I will absorb the first part of your help over the next few days, I am a bit slow when it comes to absorbing such things; penny should drop eventually lol

NHR: That is the main reason (other than the sun) for going being honest but I thought the benefit was just relating to capital gains? Our income is from our property portfolio which I believe would still be taxed in the UK since all the properties are there. However capital gains are reset to 2015 levels meaning any gains prior to that would be wiped out. 

This could save us a fortune if we sold but if we sell, our life long passive income is gone. Hard to weigh up what to do but sussing out where we want to be is the biggest part of our woes. Life is short and we will not live in a country we don’t particularly like just because the taxation system is better. Life is for living!


----------



## Lynn R (Feb 21, 2014)

Miascot said:


> I will absorb the first part of your help over the next few days, I am a bit slow when it comes to absorbing such things; penny should drop eventually lol
> 
> NHR: That is the main reason (other than the sun) for going being honest but I thought the benefit was just relating to capital gains? Our income is from our property portfolio which I believe would still be taxed in the UK since all the properties are there. However capital gains are reset to 2015 levels meaning any gains prior to that would be wiped out.
> 
> This could save us a fortune if we sold but if we sell, our life long passive income is gone. Hard to weigh up what to do but sussing out where we want to be is the biggest part of our woes. Life is short and we will not live in a country we don’t particularly like just because the taxation system is better. Life is for living!

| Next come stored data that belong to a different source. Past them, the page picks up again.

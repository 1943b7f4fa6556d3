//! The values of a QIR module: integers of a width, spellings of doubles, types, names and handles,
//! and the lists and bytes that hold them.
#![tactic(auto)]

mod call_table;
mod cause;
mod class;
mod conversion;
mod data;
mod decimal;
mod double;
mod ids;
mod int;
pub mod laws;
mod memory;
mod name;
mod operations;
mod room;
mod seq;
mod sig;
mod token;
mod ty;
mod value;

pub use call_table::{INSTRUCTION_PREFIX, QUANTUM_PREFIX, RUNTIME_PREFIX, call_class};
pub use cause::Cause;
pub use class::Class;
pub use conversion::{compare, convert};
pub use data::{Copies, Exact};
pub use decimal::{parse_decimal, push_decimal, push_signed};
pub use double::behind_double;
pub use ids::{BlockId, FuncId, GlobalId, LocalId};
pub use int::{BinOp, Conv, Flags, Int, Pred, Width};
pub use memory::Memory;
pub use name::Name;
pub use operations::binary;
pub use room::Room;
pub use seq::Seq;
pub use sig::{Sig, TyWord, Words};
pub use token::Token;
pub use ty::{Ty, Tys};
pub use value::Value;

/// A list of bytes, which contracts see as the list of its numbers from 0 to 255.
pub type Bytes = Seq<u8>;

I only know what I've read about the NHR scheme, but it covers much much than capital gains.

https://www.blevinsfranks.com/news/article/non-habitual-resident-regime-NHR-Portugal-tax-advantages

I quite agree with you about not wanting to live in a country just because the taxation system is better, but on the other hand you can't really pitch your tent in a country without accepting its taxation regime because it doesn't suit your needs and hoping to claim ignorance if you fall foul of the law. Ignorance is definitely no defence as far as the Spanish Agencia Tributaria is concerned, and penalties can be severe especially for failure to declare overseas assets on the Modelo 720.


----------



## Miascot (Dec 16, 2018)

Lynn R said:


> I only know what I've read about the NHR scheme, but it covers much much than capital gains.
> 
> I quite agree with you about not wanting to live in a country just because the taxation system is better, but on the other hand you can't really pitch your tent in a country without accepting its taxation regime because it doesn't suit your needs and hoping to claim ignorance if you fall foul of the law. Ignorance is definitely no defence as far as the Spanish Agencia Tributaria is concerned, and penalties can be severe especially for failure to declare overseas assets on the Modelo 720.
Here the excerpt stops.